Miałam takie żółte, z napisem... Nigdy go nie używałam- napis jakoś mi nie pasował... Więc gdy robiłam przewietrzenie kartonów i ponownie serducho wpadło mi w ręce, a akurat malowałam na biało... resztę historii znacie. Wyszło jak widać. Akryl pokrył serce w 100%. Ala najpierw lekkie szlifowanie, odkurzanie...
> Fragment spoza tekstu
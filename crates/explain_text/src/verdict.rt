// The line of a verdict.
ghost use Rattle.std.specs.Prelude.{◌≡◌, ◌++◌, OnOk, OnErr, IfOk};
ghost use Rattle.explain_text.specs.Lines.{verdict_line};

use der_core::Condition;
use report_text::put_refused;
use std::alloc::{AllocError, Global};

fn line_of(alloc: Global, refused: Option<Condition>) -> Result<Vec<u8>, AllocError>
    ensures line { IfOk result (λ line. line.items ≡ verdict_line refused) }
{
    let Some(condition) = refused else {
        return b"verdict accepted\n".to_vec(alloc);
    };
    let mut line = b"verdict ".to_vec(alloc)?;
    put_refused(alloc, &mut line, condition)?;
    Ok(line)
}

/// Appends the line of a verdict: accepted, or refused by the condition that is named, with its
/// number and that of its code (RFC 4108, section 4.1.3). For want of memory the list stays as it
/// was.
pub fn put_verdict(
    alloc: Global,
    out: &mut Vec<u8>,
    refused: Option<Condition>,
) -> Result<(), AllocError>
    ensures ok { OnOk result (out.new.items ≡ out.old.items ++ verdict_line refused) }
    ensures err { OnErr result (out.new.items ≡ out.old.items) }
{
    let line = line_of(alloc, refused)?;
    out.extend_from_slice(&line)
}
Teraz wisi w salonie, debiutuje po latach.
pozdrawiam :)
Zapraszam na moje CANDY:
LINK: http://igrys123.blogspot.com/2014/02/rocznicowe-candy.html
ktoś by powiedział, że białe takie zwyczajne, ale jakże proste i piękne !
OdpowiedzUsuńBiałe zdecydowanie lepsze niż żołte :)
OdpowiedzUsuńOdnowione serducho jest duuuuuzo lepsze :o)
OdpowiedzUsuńPozdrawiam i zapraszam na cukierki
Każde w innym stylu i jedno i drugie, jest piękne - pozdrawiam i miłego dnia
OdpowiedzUsuńBiały tak prosty kolor,a tak piekny:))
OdpowiedzUsuńzmiana zdecydowanie na korzyść :)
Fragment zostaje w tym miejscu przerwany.